> [EXTRACTED ENTRIES]:

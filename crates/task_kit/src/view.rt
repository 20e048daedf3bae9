//! What search and judging need to know of a task, however it is kept.

ghost use Rattle.std.specs.Prelude.{◌≡◌, ◌+◌, ◌<◌, length};
ghost use Rattle.task_kit.specs.Tasks.{TaskMeaning, IsTask, as_bits, action_at, cost_at, applies};
ghost use Rattle.task_kit.specs.Tasks.{after, adds_outside, IsFirstLack};

use mre_base::Bits;

/// A task on numbers, however it is kept. Its actions are numbered from 0 on, and each set of atoms
/// has room for one number more than there are atoms. No call takes memory.
pub trait TaskView {
    /// The meaning of the task.
    ghost seen: { Self → TaskMeaning };

    /// The number of atoms. The atoms are the numbers below it; the number itself means whatever
    /// can never be true.
    fn atoms(&self) -> u32
        ensures atoms { result ≡ (seen self.now).atoms }
        ensures task { IsTask (seen self.now) };

    /// The first state.
    fn start(&self) -> &Bits
        ensures { result.now ≡ as_bits (seen self.now) (seen self.now).start };

    /// The goal atoms.
    fn goal(&self) -> &Bits
        ensures { result.now ≡ as_bits (seen self.now) (seen self.now).goal };

    /// The number of actions.
    fn actions(&self) -> u32
        ensures { result ≡ length (seen self.now).actions };

    /// The cost of an action, if it has one.
    fn cost(&self, action: u32) -> Option<u32>
        requires { action < length (seen self.now).actions }
        ensures { result ≡ cost_at (seen self.now) action };

    /// Whether an action has a cost and its preconditions are in the state.
    fn applies(&self, action: u32, state: &Bits) -> bool
        requires listed { action < length (seen self.now).actions }
        requires width { state.now.width ≡ (seen self.now).atoms + 1 }
        ensures { result ≡ applies (seen self.now) action state.now.members };

    /// The least precondition of an action that the state lacks.
    fn missing(&self, action: u32, state: &Bits) -> Option<u32>
        requires listed { action < length (seen self.now).actions }
        requires width { state.now.width ≡ (seen self.now).atoms + 1 }
        ensures { IsFirstLack (action_at (seen self.now) action).pre state.now.members result };

    /// Writes the successor of a state by an action: the deletes are taken out, and then the adds
    /// are put in.
    fn next_into(&self, action: u32, state: &Bits, into: &mut Bits)
        requires listed { action < length (seen self.now).actions }
        requires width { state.now.width ≡ (seen self.now).atoms + 1 }
        requires into_width { into.old.width ≡ (seen self.now).atoms + 1 }
        ensures { into.new ≡ as_bits (seen self.now)
            (after (seen self.now) action state.now.members) };

    /// Whether an action adds an atom that isn't in the set.
    fn adds_outside(&self, action: u32, among: &Bits) -> bool
        requires listed { action < length (seen self.now).actions }
        requires width { among.now.width ≡ (seen self.now).atoms + 1 }
        ensures { result ≡ adds_outside (seen self.now) action among.now.members };

    /// The least atom that an action adds and the set lacks.
    fn outside(&self, action: u32, among: &Bits) -> Option<u32>
        requires listed { action < length (seen self.now).actions }
        requires width { among.now.width ≡ (seen self.now).atoms + 1 }
        ensures { IsFirstLack (action_at (seen self.now) action).add among.now.members result };
}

> [WHAT THE EXERCISE ASKS]: From the entries above, copy each line holding "Rattle".

> [TASK RESPONSE]:
ghost use Rattle.std.specs.Prelude.{◌≡◌, ◌+◌, ◌<◌, length};
ghost use Rattle.task_kit.specs.Tasks.{TaskMeaning, IsTask, as_bits, action_at, cost_at, applies};
ghost use Rattle.task_kit.specs.Tasks.{after, adds_outside, IsFirstLack};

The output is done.